I hope someone here can shed some light on it for me. 
It looks to me like it has a mix of parts on it. Dia Compe rear brakes, Sun Tour Stem, Sun Tour 4 piece Crank, Oakley F1 Grips, SkyWay Pedals, UNI Seat, Mongoose Seat clamp, Yellow Cometition III Tires, A.C.S.-Z  Yellow composite wheels, Suze Hubs, D.I.D Chain, 

Is this the way this bike came? What is Right / Wrong?
Any value as far as collectability? 
Very Very Clean.


----------



## jkent (Jun 10, 2014)




----------



## Oldnut (Jun 10, 2014)

That is a killer find haven't seen one in years nos?


----------



## looneymatthew (Jun 13, 2014)

*really nice Gt*



jkent said:


> View attachment 154939View attachment 154940View attachment 154941View attachment 154942View attachment 154943View attachment 154944View attachment 154945View attachment 154946View attachment 154947




That Gt has ALL the rite killer parts.
its built with all the primo parts.
they usually sold the frame set and you built it up to race.


----------



## Bri-In-RI (Jun 18, 2014)

I think the bike is an 83 but the serial number will tell you the model and year for certain.

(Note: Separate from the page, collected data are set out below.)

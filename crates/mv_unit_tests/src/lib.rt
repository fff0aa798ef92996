//! Tests of single layers, by public calls alone. They are here because a crate with tests is proved twice. The crate
//! has nothing else.
#![tactic(auto)]

#[cfg(test)]
mod cases;
#[cfg(test)]
mod chains;
#[cfg(test)]
mod changes;
#[cfg(test)]
mod collections;
#[cfg(test)]
mod edges;
#[cfg(test)]
mod indexes;
#[cfg(test)]
mod journals;
#[cfg(test)]
mod keys;
#[cfg(test)]
mod logs;
#[cfg(test)]
mod own_writes;
#[cfg(test)]
mod parsing;
#[cfg(test)]
mod passes;
#[cfg(test)]
mod prints;
#[cfg(test)]
mod readers;
#[cfg(test)]
mod records;
#[cfg(test)]
mod stores;
#[cfg(test)]
mod summary;
#[cfg(test)]
mod tested;
#[cfg(test)]
mod tokens;
#[cfg(test)]
mod tpcc;
#[cfg(test)]
mod values;
#[cfg(test)]
mod views;
#[cfg(test)]
mod walks;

When it comes to old school BMX custom built bikes like yours have just as much value and many times more value than a factory built bike. All the parts on your bike while not the top of the line of the time are still very nice, super clean and period correct for the frame set...probably built to race but kid got bored quick. Front tire and those pedals are sort after parts if you went that route but as a whole you should have no problem pulling $500 plus off of ebay or on the BMX Museum. Great find and a great example of the kind of bike a person of my age would have lusted for as a child.

-Brian


----------



## jkent (Jun 18, 2014)

Bike has been sold.
JKent


----------



## bikewhorder (Jun 18, 2014)

Bri-In-RI said:


> I think the bike is an 83 but the serial number will tell you the model and year for certain. When it comes to old school BMX custom built bikes like yours have just as much value and many times more value than a factory built bike. All the parts on your bike while not the top of the line of the time are still very nice, super clean and period correct for the frame set...probably built to race but kid got bored quick. Front tire and those pedals are sort after parts if you went that route but as a whole you should have no problem pulling $500 plus off of ebay or on the BMX Museum. Great find and a great example of the kind of bike a person of my age would have lusted for as a child.
> 
> -Brian




Did you race Bri?   I had a Gt Mach One I raced but I could never afford the pro series.  Looking at this bike definitely transports me to my unfulfilled desires as a kid,


----------



## mcraasch (Jan 21, 2015)

that was a hot bike.....im to late


----------



## SuperMonark (Feb 3, 2015)

Very cool bike.


----------



## jayrev67 (Feb 8, 2015)

Bri-In-RI said:


> I think the bike is an 83 but the serial number will tell you the model and year for certain. When it comes to old school BMX custom built bikes like yours have just as much value and many times more value than a factory built bike. All the parts on your bike while not the top of the line of the time are still very nice, super clean and period correct for the frame set...probably built to race but kid got bored quick. Front tire and those pedals are sort after parts if you went that route but as a whole you should have no problem pulling $500 plus off of ebay or on the BMX Museum. Great find and a great example of the kind of bike a person of my age would have lusted for as a child.
> 
> -Brian




I agree!


----------



## Balloonoob (Feb 2, 2019)

Character for days


----------